4. Intangible assets

Goodwill Total
£ £
Cost
At 01 February 2023 262,028 262,028
At 31 January 2024 262,028 262,028
Accumulated amortisation
At 01 February 2023 195,250 195,250
Charge for the financial year 26,203 26,203
At 31 January 2024 221,453 221,453
Net book value
At 31 January 2024 40,575 40,575
At 31 January 2023 66,778 66,778

5. Tangible assets

Leasehold improve-
ments
Vehicles Fixtures and fittings Total
£ £ £ £
Cost
At 01 February 2023 94,911 225,550 139,290 459,751
Additions 1,065 0 36,932 37,997
Disposals ( 7,106) 0 ( 101,810) ( 108,916)
At 31 January 2024 88,870 225,550 74,412 388,832
Accumulated depreciation
At 01 February 2023 55,979 67,731 108,902 232,612
Charge for the financial year 9,589 18,167 14,040 41,796
Disposals ( 4,975) 0 ( 88,462) ( 93,437)
At 31 January 2024 60,593 85,898 34,480 180,971
Net book value
At 31 January 2024 28,277 139,652 39,932 207,861
At 31 January 2023 38,932 157,819 30,388 227,139

6. Debtors

2024 2023
£ £
Trade debtors 2,929,387 4,030,728
Other debtors 3,808,030 2,787,035
6,737,417 6,817,763

7. Creditors: amounts falling due within one year

2024 2023
£ £
Trade creditors 795,695 769,827
Taxation and social security 1,449,643 1,096,033
Obligations under finance leases and hire purchase contracts (secured) 18,295 41,588
Other creditors 14,956 56,205
2,278,589 1,963,653

The amounts due under finance leases and hire purchase contracts are secured by fixed or floating charge over the assets to which they relate.

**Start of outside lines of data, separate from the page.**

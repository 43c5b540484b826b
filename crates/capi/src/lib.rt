// The entries for callers in C and Rust: a slice is a pointer and a length, an answer is a word.
#![tactic(auto)]

ghost use Rattle.std.specs.Prelude.{◌≡◌};
ghost use Rattle.records.specs.Refusals.{verdict};
ghost use Rattle.records.specs.Jobs.{read_jobs};
ghost use Rattle.same_bytes.specs.Same.{same_bytes};
ghost use Rattle.marker.specs.Marks.{bounds_outcome, mark_answer, mark_outcome};
ghost use Rattle.planner.specs.Plans.{plan_answer};
ghost use Rattle.capi.specs.Promises.{WordPromise, GatePlanWord, GateMarkWord, BreakdownWord, ToKernelWord, FromKernelWord};
ghost use Rattle.capi.specs.Words.{word, in_words, count_value, no_value, truth_value, plan_value};

use kernel::priority::KernelPriority;
use planner::Planned;
use records::refusal::Refusal;

fn verdict_word(answer: Result<(), Refusal>) -> u32
    ensures { result ≡ word no_value (verdict answer) }
{
    match answer {
        Ok(()) => 0,
        Err(refusal) => refusal.number() as u32,
    }
}

fn mark_word(answer: Result<bool, Refusal>) -> u32
    ensures { result ≡ word truth_value (mark_answer answer) }
{
    match answer {
        Ok(true) => 256,
        Ok(false) => 0,
        Err(refusal) => refusal.number() as u32,
    }
}

// A function for each kind of value: a trait for the three would be longer than they are.
fn plan_word(answer: Result<Planned, Refusal>) -> u32
    ensures { result ≡ word plan_value (plan_answer answer) }
{
    match answer {
        Ok(plan) => 256 * (plan.placed as u32 + 256 * plan.considered as u32),
        Err(refusal) => refusal.number() as u32,
    }
}

// Byte 1: the number of jobs.
#[unsafe(no_mangle)]
pub extern "C" fn ruzhtylen_read_jobs(jobs: &[u8]) -> u32
    ensures { result ≡ word count_value (read_jobs jobs.now).0 }
{
    match records::block::read_jobs(jobs) {
        Ok(read) => 256 * read.count as u32,
        Err(refusal) => refusal.number() as u32,
    }
}

#[unsafe(no_mangle)]
pub extern "C" fn ruzhtylen_bounds(
    jobs: &[u8],
    low: u8,
    high: u8,
    configuration: &[u8],
    bounds: &mut [u8],
) -> u32
    ensures { (result, bounds.new) ≡ in_words no_value (bounds_outcome jobs.now low high configuration.now bounds.old) }
{
    verdict_word(marker::bounds(jobs, low, high, configuration, &mut *bounds))
}

// Byte 1: 1 passes, 0 fails.
#[unsafe(no_mangle)]
pub extern "C" fn ruzhtylen_mark(
    jobs: &[u8],
    low: u8,
    high: u8,
    configuration: &[u8],
    bounds: &mut [u8],
) -> u32
    ensures { (result, bounds.new) ≡ in_words truth_value (mark_outcome jobs.now low high configuration.now bounds.old) }
{
    mark_word(marker::mark(jobs, low, high, configuration, &mut *bounds))
}

// Byte 1: the placed set, bytes 2 and 3: the count of sets considered.
#[unsafe(no_mangle)]
pub extern "C" fn ruzhtylen_plan(
    jobs: &[u8],
    low: u8,
    high: u8,
    configuration: &mut [u8],
    bounds: &mut [u8],
) -> u32
    ensures { WordPromise jobs.now low high configuration.old bounds.old result (configuration.new, bounds.new) }
{
    plan_word(planner::plan(jobs, low, high, &mut *configuration, &mut *bounds))
}

// The planner at the start gate: as ruzhtylen_plan.
#[unsafe(no_mangle)]
pub extern "C" fn ruzhtylen_gate_plan(
    jobs: &[u8],
    low: u8,
    high: u8,
    configuration: &mut [u8],
    bounds: &mut [u8],
) -> u32
    ensures { GatePlanWord jobs.now low high configuration.old bounds.old result (configuration.new, bounds.new) }
{
    plan_word(gate::gate_plan(jobs, low, high, &mut *configuration, &mut *bounds))
}

// The marker at the start gate: as ruzhtylen_mark.
#[unsafe(no_mangle)]
pub extern "C" fn ruzhtylen_gate_mark(
    jobs: &[u8],
    low: u8,
    high: u8,
    configuration: &[u8],
    bounds: &mut [u8],
) -> u32
    ensures { GateMarkWord jobs.now low high configuration.now bounds.old result bounds.new }
{
    mark_word(gate::gate_mark(jobs, low, high, configuration, &mut *bounds))
}

// The parts of the bounds of a configuration block, in the output.
#[unsafe(no_mangle)]
pub extern "C" fn ruzhtylen_breakdown(
    jobs: &[u8],
    low: u8,
    high: u8,
    configuration: &[u8],
    output: &mut [u8],
) -> u32
    ensures { BreakdownWord jobs.now low high configuration.now output.old result output.new }
{
    verdict_word(breakdown::breakdown(jobs, low, high, configuration, &mut *output))
}

// A configuration block as kernel records, in the output. Callers in C have a name for each way.
#[unsafe(no_mangle)]
pub extern "C" fn ruzhtylen_to_kernel(
    jobs: &[u8],
    low: u8,
    high: u8,
    lowest: u8,
    highest: u8,
    configuration: &[u8],
    output: &mut [u8],
) -> u32
    ensures { ToKernelWord jobs.now low high lowest highest configuration.now output.old result output.new }
{
    verdict_word(kernel::to_kernel(
        jobs,
        low,
        high,
        KernelPriority(lowest),
        KernelPriority(highest),
        configuration,
        &mut *output,
    ))
}

// A kernel block as a configuration, in the output.
#[unsafe(no_mangle)]
pub extern "C" fn ruzhtylen_from_kernel(
    jobs: &[u8],
    low: u8,
    high: u8,
    lowest: u8,
    highest: u8,
    kernel: &[u8],
    output: &mut [u8],
) -> u32
    ensures { FromKernelWord jobs.now low high lowest highest kernel.now output.old result output.new }
{
    verdict_word(kernel::from_kernel(
        jobs,
        low,
        high,
        KernelPriority(lowest),
        KernelPriority(highest),
        kernel,
        &mut *output,
    ))
}

// 1: the same bytes, 0: not.
#[unsafe(no_mangle)]
pub extern "C" fn ruzhtylen_same_bytes(a: &[u8], b: &[u8]) -> u8
    ensures { result ≡ truth_value (same_bytes a.now b.now) }
{
    if same_bytes::same_bytes(a, b) {
        return 1;
    }
    0
}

8. Creditors: amounts falling due after more than one year

2024 2023
£ £
Obligations under finance leases and hire purchase contracts (secured) 134,315 121,380

The amounts above are secured by fixed or floating charge over the assets to which they relate.

9. Called-up share capital

2024 2023
£ £
Allotted, called-up and fully-paid
1 Ordinary A share of £ 1.00 1 1
1 Ordinary B share of £ 1.00 1 1
2 2

10. Financial commitments

Commitments

2024 2023
£ £
Total future minimum lease payments under non-cancellable operating lease 1,531,250 1,560,955

These amounts are in relation to the outstanding rental, vehicle and IT equipment lease's.

11. Related party transactions

Transactions with the entity's directors

2024 2023
£ £
Amounts owed from Director 2,422,688 1,648,169

During the year the company made advances of £774,519 (2023: £0) and repayments of £0 (2023: £20,567). The loan to the director from the company is unsecured, interest free and repayable on demand.